**About this task**
In the listing below, start your output at the line with "swap-undo|htp|boardsize 3~play b" and end it after the line with "small-session|htp|boardsize 3~play b", copying every line exactly.

**Input material**
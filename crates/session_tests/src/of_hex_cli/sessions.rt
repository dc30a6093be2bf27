//! Sessions without searches, and words that are refused.

use super::runs::{Case, ample, check, run_of};
use super::tables::{bytes_of, check_rows};
use hex_cells::{Size, read_vertex};
use std::test::Fail;

static SESSIONS: &str = "\
empty-input|htp||0|
id-answer|htp|1 protocol_version~|0|=1 2~~
ids|htp|2147483647 name~2147483648 name~007 name~|0|\
    =2147483647 hexd~~? unknown command~~=7 hexd~~
blank-bare-quit|htp|7~# only~~name extra~quit~name~|0|?7 syntax error~~? syntax error~~= ~~
known-commands|htp|known_command undo~known_command Undo~version|0|= true~~= false~~= 1.0~~
play-refusals|htp|play b a1~play w A1~play w l1~play b~name~quit~play b b1~|0|\
    = ~~? illegal move~~? illegal move~~? syntax error~~= hexd~~= ~~
carriage-return|htp|play b a1\r~1 quit~|0|= ~~=1 ~~
line-ends|htp|name\r~\r~ \r~1 version\r~name|0|= hexd~~=1 1.0~~= hexd~~
line-ends|htp|name~\r|0|= hexd~~
byte-order-mark|htp|\u{feff}name~name~|0|? unknown command~~= hexd~~
play-and-show|htp|boardsize 3~\tplay  B A1 # c\r~showboard~|0|\
    = ~~= ~~= ~   a b c~ 1 B . .~  2 . . .~   3 . . .~~
sizes|htp|boardsize 12~boardsize 0~boardsize 5 4~boardsize 5 5~|0|\
    ? unacceptable size~~? unacceptable size~~? unacceptable size~~= ~~
board-of-one|htp|boardsize 1~play b a1~winner~play w a1~genmove w~|0|\
    = ~~= ~~= black~~? illegal move~~? game over~~
swap-undo|htp|boardsize 3~play b a2~play w swap-pieces~showboard~undo~showboard~undo~undo~|0|\
    = ~~= ~~= ~~= ~   a b c~ 1 . W .~  2 . . .~   3 . . .~~= ~~\
    = ~   a b c~ 1 . . .~  2 B . .~   3 . . .~~= ~~? cannot undo~~
illegal-moves|htp|boardsize 3~play w swap-pieces~play b a1~play b swap-pieces~play w b2~\
    play w swap-pieces~play b z9~play b a0~|0|= ~~? illegal move~~= ~~? illegal move~~= ~~\
    ? illegal move~~? illegal move~~? syntax error~~
small-session|htp|boardsize 3~play b a2~undo~name~|0|= ~~= ~~= ~~= hexd~~
first-board|--size=2 htp|showboard~|0|= ~   a b~ 1 . .~  2 . .~~
play-forms|htp --size 3|showboard~play b A1~play BLACK a1~play white c3~showboard~play w a0~\
    play w z9~play red a2~undo~play W Swap-Pieces~showboard~winner now~boardsize 0~|0|\
    = ~   a b c~ 1 . . .~  2 . . .~   3 . . .~~= ~~? illegal move~~= ~~\
    = ~   a b c~ 1 B . .~  2 . . .~   3 . . W~~? syntax error~~? illegal move~~\
    ? syntax error~~= ~~= ~~= ~   a b c~ 1 W . .~  2 . . .~   3 . . .~~\
    ? syntax error~~? unacceptable size~~
arguments|htp|printsgf now~loadsgf~search-report~mustplay~wincert~look-report~mustplay now~\
    genmove~|0|? syntax error~~? syntax error~~? no search~~? no search~~? no certificate~~\
    ? no look~~\
    ? syntax error~~? syntax error~~
largest-board|htp|boardsize 11 11~showboard~quit~|0|= ~~= ~   a b c d e f g h i j k~ \
    1 . . . . . . . . . . .~  \
    2 . . . . . . . . . . .~   \
    3 . . . . . . . . . . .~    \
    4 . . . . . . . . . . .~     \
    5 . . . . . . . . . . .~      \
    6 . . . . . . . . . . .~       \
    7 . . . . . . . . . . .~        \
    8 . . . . . . . . . . .~         \
    9 . . . . . . . . . . .~         \
    10 . . . . . . . . . . .~          \
    11 . . . . . . . . . . .~~= ~~
bad-words||name~|2|
bad-words|htp --workers 0|name~|2|
bad-words|htp htp|name~|2|
bad-words|htp --seed=-1|name~|2|
bad-words|play|name~|2|";

#[test]
fn sessions(rt: HostRuntime) -> Result<(), Fail> {
    check_rows(&rt, SESSIONS)?;
    let silent = Case {
        bad_error: Some(0),
        ..ample("", b"")
    };
    let left = run_of(&rt, &silent)?;
    assert_eq!(rt; left.status, 2, "errors-fault");
    assert!(rt; left.errors.given().is_empty(), "errors-fault");
    Ok(())
}

static WHOLE_INPUT: &str = "name~version~list_commands~boardsize 11 11~play black f6~\
genmove white~undo~undo~quit~";

static WHOLE_FRONT: &str = "= hexd~~= 1.0~~= boardsize~clear_board~genmove~known_command~\
list_commands~loadsgf~look-report~mustplay~name~play~printsgf~protocol_version~quit~search-report~\
showboard~undo~version~wincert~winner~~= ~~= ~~= ";

#[test]
fn whole_session(rt: HostRuntime) -> Result<(), Fail> {
    let alloc = rt.alloc();
    let input = bytes_of(alloc, WHOLE_INPUT)?;
    let left = run_of(
        &rt,
        &ample("htp --hsearch off --playouts 200 --seed 7", &input),
    )?;
    assert_eq!(rt; left.status, 0);
    let front = bytes_of(alloc, WHOLE_FRONT)?;
    let end = b"\n\n= \n\n= \n\n= \n\n".as_slice();
    let vertex = left
        .link
        .given()
        .strip_prefix(front.as_slice())
        .and_then(|rest| rest.strip_suffix(end));
    let cell = read_vertex(vertex.unwrap_or(b""), Size::of(11).ok_or("no size")?);
    assert!(rt; cell.is_some());
    assert!(rt; vertex != Some(b"f6".as_slice()));
    Ok(())
}

/// `name` with this many spaces after it, as a line.
fn push_spaced(line: &mut Vec<u8>, spaces: usize) -> Result<(), Fail> {
    line.extend_from_slice(b"name")?;
    for _ in 0..spaces {
        line.push(b' ')?;
    }
    line.push(b'\n')?;
    Ok(())
}

/// `line-length`: a line of 4,096 bytes, one of 4,097, and a short one.
#[test]
fn line_length(rt: HostRuntime) -> Result<(), Fail> {
    let mut input = Vec::new(rt.alloc());
    push_spaced(&mut input, 4_092)?;
    push_spaced(&mut input, 4_093)?;
    input.extend_from_slice(b"name\n")?;
    let given = b"= hexd\n\n? line too long\n\n= hexd\n\n";
    check(&rt, "line-length", &ample("htp", &input), given, 0)
}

**Output**
swap-undo|htp|boardsize 3~play b a2~play w swap-pieces~showboard~undo~showboard~undo~undo~|0|\
    = ~~= ~~= ~~= ~   a b c~ 1 . W .~  2 . . .~   3 . . .~~= ~~\
    = ~   a b c~ 1 . . .~  2 B . .~   3 . . .~~= ~~? cannot undo~~
illegal-moves|htp|boardsize 3~play w swap-pieces~play b a1~play b swap-pieces~play w b2~\
    play w swap-pieces~play b z9~play b a0~|0|= ~~? illegal move~~= ~~? illegal move~~= ~~\
    ? illegal move~~? illegal move~~? syntax error~~
small-session|htp|boardsize 3~play b a2~undo~name~|0|= ~~= ~~= ~~= hexd~~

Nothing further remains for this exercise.